WHAT THIS TASK INVOLVES: Comb through the entries for "IfOk" and pull out each line that holds it.

Saved entries:

■ ■ ■ ■ ■ ■ ■

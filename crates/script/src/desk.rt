//! Lines are answered one after the other, by a session at a desk of its own.
ghost use Rattle.std.specs.Prelude.{◌≡◌, true, ◌++◌, Ok, Err, IfOk, string_bytes, OnOk};
ghost use Rattle.score.specs.Calls.{empty_voices};
ghost use Rattle.score.specs.Music.{pick};
ghost use Rattle.score.specs.Meaning.{call_meant};
ghost use Rattle.score.specs.Spelling.{spelled_answer};
ghost use Rattle.memory.specs.Store.{stored};
ghost use Rattle.session.specs.Session.{limits_for, layout_for, Ready};
ghost use Rattle.text.specs.Lines.{call_line};
ghost use Rattle.script.specs.Lines.{lines_in};
ghost use Rattle.script.specs.Script.{serves, opened_answers, answer_lines, script_answers};
ghost use Rattle.script.specs.Desk.{score_words, line_answer_in, words_after, line_answers_in, asked_by};

use crate::lines::Lines;
use crate::{SERVED_EVENTS, SERVED_VOICES};
use answers::spell_answer;
use score::{Call, Opening, Refusal};
use session::{Sizes, call, open};
use spelling::spell_refusal;
use std::alloc::Global;
use text::{UNREADABLE, read_call};
use wire::{LONGEST_CALL, write_call};

/// A score in words, the bytes in which it is answered, and the heap that answers are read into.
#[derive(Drop)]
struct Desk {
    heap: Global,
    words: Vec<u32>,
    bytes: Vec<u8>,
    ghost ready: { Ready words.items bytes.items },
}

impl Desk {
    /// Opens a score that is served, in as many words and bytes as it asks for.
    fn open(heap: Global, opening: Opening, asked: Sizes) -> anyhow::Result<Desk>
        requires opens { serves opening ≡ true }
        requires asked { asked ≡ asked_by opening }
        ensures { IfOk result (λ desk. score_words desk.words.items ≡ stored (limits_for opening) (layout_for opening) (empty_voices opening.voices)) }
    {
        let mut words = vec![in heap; 0; asked.words]?;
        let mut bytes = vec![in heap; 0; asked.bytes]?;
        let Ok(()) = open(&mut words, &mut bytes, opening) else {
            unreachable()
        };
        Ok(Desk { heap, words, bytes })
    }

    /// Answers a call, behind what stands there.
    fn answer_call(&mut self, asked: Call, out: &mut String) -> anyhow::Result<()>
        ensures said { OnOk result (string_bytes out.new ≡ string_bytes out.old ++ spelled_answer (line_answer_in self.old.words.items (Ok (call_meant asked)))) }
        ensures left { score_words self.new.words.items ≡ words_after self.old.words.items (Ok (call_meant asked)) }
    {
        let mut row = [0; LONGEST_CALL];
        let length = write_call(&mut row, asked);
        let answered = call(&mut self.words, &mut self.bytes, &row[..length]);
        spell_answer(self.heap, &self.bytes[..answered], out)
    }

    /// Answers a line, behind what stands there.
    fn answer_line(&mut self, line: &[u8], out: &mut String) -> anyhow::Result<()>
        ensures said { OnOk result (string_bytes out.new ≡ string_bytes out.old ++ spelled_answer (line_answer_in self.old.words.items (call_line line.now))) }
        ensures left { score_words self.new.words.items ≡ words_after self.old.words.items (call_line line.now) }
    {
        match read_call(line) {
            Ok(asked) => self.answer_call(asked, out),
            // as the answer of a refused call is spelled: where memory runs out, the same is told of both
            Err(unfit) => Ok(spell_refusal(UNREADABLE, unfit.at, out)?),
        }
    }

    /// Answers all lines, each on a line of its own.
    fn answer_lines(&mut self, lines: Lines, out: &mut String) -> anyhow::Result<()>
        ensures { OnOk result (string_bytes out.new ≡ string_bytes out.old ++ answer_lines (line_answers_in self.old.words.items (lines_in lines.entry))) }
    {
        for line in lines {
            self.answer_line(line, out)?;
            out.push_str("\n")?;
        }
        Ok(())
    }
}

/// The sizes that an opening asks for, if it is one that is served.
fn served(opening: Opening) -> Result<Sizes, Refusal>
    ensures { result ≡ pick (serves opening) (Ok (asked_by opening)) (Err Refusal.BadOpening) }
{
    if opening.voices > SERVED_VOICES || opening.events > SERVED_EVENTS {
        return Err(Refusal::BadOpening);
    }
    Sizes::of(opening)
}

/// Opens a score if it is one that is served, and answers all lines.
fn answer_opened(
    heap: Global,
    opening: Opening,
    lines: Lines,
    out: &mut String,
) -> anyhow::Result<()>
    ensures { OnOk result (string_bytes out.new ≡ string_bytes out.old ++ answer_lines (opened_answers opening (lines_in lines.entry))) }
{
    match served(opening) {
        Ok(asked) => Desk::open(heap, opening, asked)?.answer_lines(lines, out),
        Err(refusal) => Ok(writeln!(out, "{refusal}")?),
    }
}

/// Answers a script, behind what stands there.
pub fn answer_all(heap: Global, text: &[u8], out: &mut String) -> anyhow::Result<()>
    ensures { OnOk result (string_bytes out.new ≡ string_bytes out.old ++ script_answers text.now) }
{
    let mut lines = Lines::of(text);
    match lines.opening() {
        Ok(opening) => answer_opened(heap, opening, lines, out),
        Err(unfit) => Ok(writeln!(out, "{unfit}")?),
    }
}
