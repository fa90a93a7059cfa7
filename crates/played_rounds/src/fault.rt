use dn_memory::NoMemory;
use std::alloc::{AllocError, AllocFailed};
use std::fmt;

/// Why a round can't be played.
#[derive(Clone, Copy, Debug, PartialEq, Eq)]
pub enum PlayFault {
    NoMemory,
    /// A number that the group or the round hasn't, or an envelope that doesn't unseal.
    Unfit,
}

impl fmt::Display for PlayFault {
    fn fmt<W: fmt::Write>(&self, f: &mut fmt::Formatter<W>) -> fmt::Result {
        match self {
            PlayFault::NoMemory => f.write_str("no memory"),
            PlayFault::Unfit => f.write_str("nothing that can be played"),
        }
    }
}

impl std::error::Error for PlayFault {}

impl From<NoMemory> for PlayFault {
    fn from(_: NoMemory) -> Self {
        PlayFault::NoMemory
    }
}

impl From<AllocError> for PlayFault {
    fn from(_: AllocError) -> Self {
        PlayFault::NoMemory
    }
}

impl<T: Drop> From<AllocFailed<T>> for PlayFault {
    fn from(_: AllocFailed<T>) -> Self {
        PlayFault::NoMemory
    }
}
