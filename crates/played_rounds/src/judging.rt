ghost use Rattle.std.specs.Prelude.{All, IfOk, length, ◌<◌, ◌↔◌, IsTrue};
ghost use Rattle.dn_seal.specs.Said.{IsUnder};

use crate::fault::PlayFault;
use crate::playing::Played;
use dn_accuse::Judging;
use dn_cert::Valid;
use dn_records::Listed;
use dn_roster::Roster;
use dn_seal::{Said, unseal};
use dn_trace::{Verdict, judge};
use dn_wire::SlotId;
use std::alloc::Global;

/// What the envelopes say; unfit where one doesn't unseal.
pub fn opened(alloc: Global, roster: &Roster, envelopes: &[Vec<u8>]) -> Result<Vec<Said>, PlayFault>
    ensures { IfOk result (λ v. All (IsUnder roster.now) v.items) }
{
    let mut heard = Vec::new(alloc);
    for envelope in envelopes {
        match unseal(alloc, roster, envelope) {
            Ok(said) => heard.push(said)?,
            Err(_) => return Err(PlayFault::Unfit),
        }
    }
    Ok(heard)
}

fn are_within(rows: &[Listed], clients: u32, servers: u32) -> bool
    ensures { IsTrue result ↔ All (λ l. (l.client.0 < clients) × (l.server.0 < servers)) rows.now }
{
    rows.iter()
        .all(|row| row.client.0 < clients && row.server.0 < servers)
}

/// The verdict on the played round, at its place.
pub fn judged(alloc: Global, played: &Played, heard: &[Said]) -> Result<Verdict, PlayFault>
    requires { All (IsUnder played.now.dealt.roster) heard.now }
{
    let roster = &played.dealt.roster;
    let body = &played.body;
    if played.k >= played.layout.bits()
        || body.digests.get().len() != roster.servers() as usize
        || !are_within(body.listed.get(), roster.clients(), roster.servers())
    {
        return Err(PlayFault::Unfit);
    }
    let v = Valid {
        r: body.r,
        slot: SlotId(0),
        k: played.k,
    };
    Ok(judge(alloc, &Judging, roster, body, &played.layout, &v, heard)?)
}

/// What was said, again and again, up to so many.
pub fn repeated(
    alloc: Global,
    roster: &Roster,
    said: &[Said],
    count: usize,
) -> Result<Vec<Said>, PlayFault>
    requires { All (IsUnder roster.now) said.now }
    ensures { IfOk result (λ v. All (IsUnder roster.now) v.items) }
{
    let mut heard = Vec::new(alloc);
    for n in 0..count {
        let place = n.checked_rem(said.len()).ok_or(PlayFault::Unfit)?;
        heard.push(said[place].copy(alloc)?)?;
    }
    Ok(heard)
}
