//! Rounds that are played by hand, for tests and measures of verdicts. No part of the product.
//!
//! A `Played` is a round of a dealt group with the strings of its members and its body. `Spelled` statements are written field by field,
//! so that nothing here rests on the product's writers.
#![tactic(auto)]

mod fault;
mod judging;
mod playing;
mod spelled;

pub use fault::PlayFault;
pub use judging::{judged, opened, repeated};
pub use playing::{Jam, Played, group, play};
pub use spelled::{
    commit, concede, inventory, pad_bits, rebuttal, receipt, reveal, sealed, shown, sign,
    submission,
};
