// Statements and envelopes, field by field.

use crate::fault::PlayFault;
use crate::playing::{Played, bytes_of, seed, server_of};
use dn_bits::Bits;
use dn_lms::{KeyPair, SigKey};
use dn_pads::pad_bit;
use dn_seal::Dealt;
use dn_wire::{ClientId, ServerId, SignerId, SlotId, put_bytes, put_u8, put_u16, put_u32, put_u64};
use std::alloc::Global;

/// The front of a statement: its kind and its round.
fn front(alloc: Global, kind: u8, played: &Played) -> Result<Vec<u8>, PlayFault> {
    let mut out = Vec::new(alloc);
    put_u8(&mut out, kind)?;
    put_u64(&mut out, played.body.r.0)?;
    Ok(out)
}

fn put_bits(alloc: Global, out: &mut Vec<u8>, bits: &Bits) -> Result<(), PlayFault> {
    put_u32(out, bits.len())?;
    Ok(bits.write_bytes(alloc, out)?)
}

fn put_count(out: &mut Vec<u8>, count: usize) -> Result<(), PlayFault> {
    let count = u32::try_from(count).map_err(|_| PlayFault::Unfit)?;
    Ok(put_u32(out, count)?)
}

pub fn submission(
    alloc: Global,
    played: &Played,
    i: u32,
    digest: [u8; 32],
) -> Result<Vec<u8>, PlayFault> {
    let mut out = front(alloc, 1, played)?;
    put_u64(&mut out, played.body.prev.0)?;
    put_u32(&mut out, i)?;
    put_bytes(&mut out, &digest)?;
    Ok(out)
}

/// A receipt that tells Included, or Late.
pub fn receipt(alloc: Global, played: &Played, i: u32, late: bool) -> Result<Vec<u8>, PlayFault> {
    let mut out = front(alloc, 2, played)?;
    put_u32(&mut out, i)?;
    put_bytes(&mut out, &[1; 32])?;
    put_u8(&mut out, if late { 2 } else { 1 })?;
    Ok(out)
}

/// An inventory of entries: a client, a digest and a signature each.
pub fn inventory(
    alloc: Global,
    played: &Played,
    entries: &[(u32, [u8; 32], Vec<u8>)],
) -> Result<Vec<u8>, PlayFault> {
    let mut out = front(alloc, 3, played)?;
    put_u64(&mut out, played.body.prev.0)?;
    put_count(&mut out, entries.len())?;
    for entry in entries {
        put_u32(&mut out, entry.0)?;
        put_bytes(&mut out, &entry.1)?;
        put_u16(
            &mut out,
            u16::try_from(entry.2.len()).map_err(|_| PlayFault::Unfit)?,
        )?;
        put_bytes(&mut out, &entry.2)?;
    }
    Ok(out)
}

pub fn commit(alloc: Global, played: &Played, digest: [u8; 32]) -> Result<Vec<u8>, PlayFault> {
    let mut out = front(alloc, 4, played)?;
    put_bytes(&mut out, &digest)?;
    Ok(out)
}

pub fn reveal(alloc: Global, played: &Played, s: &Bits) -> Result<Vec<u8>, PlayFault> {
    let mut out = front(alloc, 5, played)?;
    put_bits(alloc, &mut out, s)?;
    Ok(out)
}

/// The Sign of the played body.
pub fn sign(alloc: Global, played: &Played) -> Result<Vec<u8>, PlayFault> {
    let mut out = Vec::new(alloc);
    put_u8(&mut out, 6)?;
    put_u8(&mut out, played.body.version)?;
    put_u64(&mut out, played.body.r.0)?;
    put_u64(&mut out, played.body.prev.0)?;
    put_count(&mut out, played.body.listed.get().len())?;
    for row in played.body.listed.get() {
        put_u32(&mut out, row.client.0)?;
        put_u32(&mut out, row.server.0)?;
        put_bytes(&mut out, &row.digest)?;
    }
    put_count(&mut out, played.body.digests.get().len())?;
    for digest in played.body.digests.get() {
        put_bytes(&mut out, digest)?;
    }
    put_bits(alloc, &mut out, &played.body.out)?;
    Ok(out)
}

/// The pad bits of server j, with those of the clients `framed` turned.
pub fn pad_bits(
    alloc: Global,
    played: &Played,
    j: u32,
    framed: &[u32],
) -> Result<Vec<u8>, PlayFault> {
    let n = played.dealt.roster.clients();
    let mut bits = Bits::zeros(alloc, n)?;
    for i in 0..n {
        let pad = pad_bit(&seed(&played.dealt, i, j)?, played.body.r, played.k);
        if pad != framed.contains(&i) && i < bits.len() {
            bits.flip(i);
        }
    }
    let mut out = front(alloc, 7, played)?;
    put_u32(&mut out, played.k)?;
    put_bits(alloc, &mut out, &bits)?;
    Ok(out)
}

/// What server j shows: its ciphertext, and those of its clients.
pub fn shown(alloc: Global, played: &Played, j: u32) -> Result<Vec<u8>, PlayFault> {
    let mut out = front(alloc, 8, played)?;
    let sum = played.sums.get(j as usize).ok_or(PlayFault::Unfit)?;
    put_bits(alloc, &mut out, sum)?;
    let mut own = Vec::new(alloc);
    for i in 0..played.dealt.roster.clients() {
        if server_of(&played.dealt, i) == j {
            own.push(i)?;
        }
    }
    put_count(&mut out, own.len())?;
    for i in &own {
        put_u32(&mut out, *i)?;
        let cipher = played.ciphers.get(*i as usize).ok_or(PlayFault::Unfit)?;
        put_bits(alloc, &mut out, cipher)?;
    }
    Ok(out)
}

/// A rebuttal of client i against server j, with the true seed and this envelope.
pub fn rebuttal(
    alloc: Global,
    played: &Played,
    i: u32,
    j: u32,
    envelope: &[u8],
) -> Result<Vec<u8>, PlayFault> {
    let mut out = front(alloc, 10, played)?;
    put_u32(&mut out, played.k)?;
    put_u32(&mut out, j)?;
    put_bytes(&mut out, &seed(&played.dealt, i, j)?)?;
    put_count(&mut out, envelope.len())?;
    put_bytes(&mut out, envelope)?;
    Ok(out)
}

pub fn concede(alloc: Global, played: &Played) -> Result<Vec<u8>, PlayFault> {
    let mut out = front(alloc, 11, played)?;
    put_u32(&mut out, played.k)?;
    Ok(out)
}

/// The key of a member.
fn key(dealt: &Dealt, who: SignerId) -> Option<&KeyPair> {
    match who {
        SignerId::Client(ClientId(i)) => dealt.client_keys.get(i as usize),
        SignerId::Server(ServerId(j)) => dealt.server_keys.get(j as usize),
        SignerId::Slot(SlotId(s)) => dealt.slot_keys.get(s as usize),
    }
}

/// The envelope of a statement, which is signed at leaf 0.
pub fn sealed(
    alloc: Global,
    dealt: &Dealt,
    who: SignerId,
    statement: &[u8],
) -> Result<Vec<u8>, PlayFault> {
    let key = key(dealt, who).ok_or(PlayFault::Unfit)?;
    if key.leaves() == 0 || statement.len() > 16_777_216 {
        return Err(PlayFault::Unfit);
    }
    let signed = dealt.roster.signed_bytes(alloc, who, statement)?;
    let signature = key.sign_at(alloc, 0, &signed)?;
    let (tag, number) = match who {
        SignerId::Client(i) => (1, i.0),
        SignerId::Server(j) => (2, j.0),
        SignerId::Slot(s) => (3, s.0),
    };
    let mut out = Vec::new(alloc);
    put_u8(&mut out, tag)?;
    put_u32(&mut out, number)?;
    put_count(&mut out, statement.len())?;
    put_bytes(&mut out, statement)?;
    put_bytes(&mut out, &signature)?;
    Ok(out)
}
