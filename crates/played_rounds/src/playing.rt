ghost use Rattle.std.specs.Prelude.{◌≡◌, ◌≤◌, IfSome};
ghost use Rattle.dn_roster.specs.Group.{IsWithinLimits};

use crate::fault::PlayFault;
use dn_bits::Bits;
use dn_hash::{cipher_digest, server_digest};
use dn_layout::Layout;
use dn_memory::NoMemory;
use dn_pads::{Seed, add_pad};
use dn_records::{Body, Digests, Listed, Rows};
use dn_roster::GroupSpec;
use dn_seal::{Dealt, deal};
use dn_wire::{ClientId, Round, ServerId};
use std::alloc::Global;

/// Whose bit is turned at a place, if anybody's.
#[derive(Clone, Copy, Debug, PartialEq, Eq)]
pub enum Jam {
    Nobody,
    /// The client sends a 1 there.
    Client(u32),
    /// The server turns the bit of its ciphertext.
    Server(u32),
}

/// Round `r` of a group of M servers after the round before it, in which slot 0 alone is open, with 64 bytes. Client i is with server
/// i mod M. All plain texts are zeros.
#[derive(Drop)]
pub struct Played {
    pub dealt: Dealt,
    pub layout: Layout,
    pub k: u32,
    pub ciphers: Vec<Bits>,
    pub sums: Vec<Bits>,
    pub body: Body,
}

/// A group of version 1, with the shortest keys.
pub fn group(clients: u32, servers: u32) -> Option<GroupSpec>
    ensures { IfSome result IsWithinLimits }
{
    if clients < 1 || 512 < clients || servers < 1 || 16 < servers {
        return None;
    }
    Some(GroupSpec {
        version: 1,
        clients,
        servers,
        ots: 2,
        client_lms: 5,
        server_lms: 5,
        seed: [7; 32],
    })
}

/// The seed that client i and server j share.
pub fn seed(dealt: &Dealt, i: u32, j: u32) -> Result<Seed, PlayFault> {
    let place = u64::from(i) * u64::from(dealt.roster.servers()) + u64::from(j);
    dealt
        .seeds
        .get(place as usize)
        .copied()
        .ok_or(PlayFault::Unfit)
}

/// The server with which a client is.
pub fn server_of(dealt: &Dealt, i: u32) -> u32 {
    i.checked_rem(dealt.roster.servers()).unwrap_or(0)
}

/// The bytes of a string.
pub fn bytes_of(alloc: Global, bits: &Bits) -> Result<Vec<u8>, NoMemory> {
    let mut bytes = Vec::new(alloc);
    bits.write_bytes(alloc, &mut bytes)?;
    Ok(bytes)
}

fn turn(bits: &mut Bits, k: u32) {
    if k < bits.len() {
        bits.flip(k);
    }
}

fn add(sum: &mut Bits, x: &Bits) {
    if sum.len() == x.len() {
        sum.xor_into(x);
    }
}

fn cipher(alloc: Global, dealt: &Dealt, r: Round, bits: u32, i: u32) -> Result<Bits, PlayFault> {
    let mut cipher = Bits::zeros(alloc, bits)?;
    for j in 0..dealt.roster.servers() {
        add_pad(&mut cipher, &seed(dealt, i, j)?, r);
    }
    Ok(cipher)
}

/// The ciphertext of server j.
fn sum_of(
    alloc: Global,
    dealt: &Dealt,
    r: Round,
    ciphers: &[Bits],
    bits: u32,
    j: u32,
) -> Result<Bits, PlayFault> {
    let mut sum = Bits::zeros(alloc, bits)?;
    for i in 0..dealt.roster.clients() {
        add_pad(&mut sum, &seed(dealt, i, j)?, r);
        if server_of(dealt, i) == j {
            add(&mut sum, ciphers.get(i as usize).ok_or(PlayFault::Unfit)?);
        }
    }
    Ok(sum)
}

fn rows(alloc: Global, dealt: &Dealt, r: Round, ciphers: &[Bits]) -> Result<Rows, PlayFault> {
    let mut rows = Vec::new(alloc);
    for i in 0..dealt.roster.clients() {
        let bytes = bytes_of(alloc, ciphers.get(i as usize).ok_or(PlayFault::Unfit)?)?;
        rows.push(Listed {
            client: ClientId(i),
            server: ServerId(server_of(dealt, i)),
            digest: cipher_digest(r.0, i, &bytes),
        })?;
    }
    Ok(Rows::of(rows))
}

fn digests(alloc: Global, dealt: &Dealt, r: Round, sums: &[Bits]) -> Result<Digests, PlayFault> {
    let mut digests = Vec::new(alloc);
    for j in 0..dealt.roster.servers() {
        let bytes = bytes_of(alloc, sums.get(j as usize).ok_or(PlayFault::Unfit)?)?;
        digests.push(server_digest(r.0, j, &bytes))?;
    }
    Ok(Digests::of(digests))
}

fn layout(alloc: Global, clients: u32) -> Result<Layout, PlayFault> {
    let mut lengths = vec![in alloc; 0; clients as usize]?;
    if let Some(first) = lengths.get_mut(0) {
        *first = 64;
    }
    Layout::of(lengths).ok_or(PlayFault::Unfit)
}

fn ciphers(alloc: Global, dealt: &Dealt, r: Round, bits: u32) -> Result<Vec<Bits>, PlayFault> {
    let mut ciphers = Vec::new(alloc);
    for i in 0..dealt.roster.clients() {
        ciphers.push(cipher(alloc, dealt, r, bits, i)?)?;
    }
    Ok(ciphers)
}

fn sums(
    alloc: Global,
    dealt: &Dealt,
    r: Round,
    ciphers: &[Bits],
    bits: u32,
) -> Result<Vec<Bits>, PlayFault> {
    let mut sums = Vec::new(alloc);
    for j in 0..dealt.roster.servers() {
        sums.push(sum_of(alloc, dealt, r, ciphers, bits, j)?)?;
    }
    Ok(sums)
}

/// The round, with a bit turned at place `k`.
pub fn play(alloc: Global, spec: &GroupSpec, k: u32, jam: Jam) -> Result<Played, PlayFault>
    requires { IsWithinLimits spec.now }
{
    let r = Round(2);
    let dealt = deal(alloc, spec)?;
    let layout = layout(alloc, dealt.roster.clients())?;
    let bits = layout.bits();
    let mut ciphers = ciphers(alloc, &dealt, r, bits)?;
    if let Jam::Client(i) = jam {
        turn(ciphers.get_mut(i as usize).ok_or(PlayFault::Unfit)?, k);
    }
    let mut sums = sums(alloc, &dealt, r, &ciphers, bits)?;
    if let Jam::Server(j) = jam {
        turn(sums.get_mut(j as usize).ok_or(PlayFault::Unfit)?, k);
    }
    let mut out = Bits::zeros(alloc, bits)?;
    for sum in &sums {
        add(&mut out, sum);
    }
    let body = Body {
        version: 1,
        r,
        prev: Round(1),
        thin: false,
        listed: rows(alloc, &dealt, r, &ciphers)?,
        digests: digests(alloc, &dealt, r, &sums)?,
        out,
    };
    Ok(Played {
        dealt,
        layout,
        k,
        ciphers,
        sums,
        body,
    })
}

■ ■ ■ ■ ■ ■ ■

OUTPUT BELOW:
ghost use Rattle.std.specs.Prelude.{◌≡◌, true, ◌++◌, Ok, Err, IfOk, string_bytes, OnOk};
        ensures { IfOk result (λ desk. score_words desk.words.items ≡ stored (limits_for opening) (layout_for opening) (empty_voices opening.voices)) }
ghost use Rattle.std.specs.Prelude.{All, IfOk, length, ◌<◌, ◌↔◌, IsTrue};
    ensures { IfOk result (λ v. All (IsUnder roster.now) v.items) }
    ensures { IfOk result (λ v. All (IsUnder roster.now) v.items) }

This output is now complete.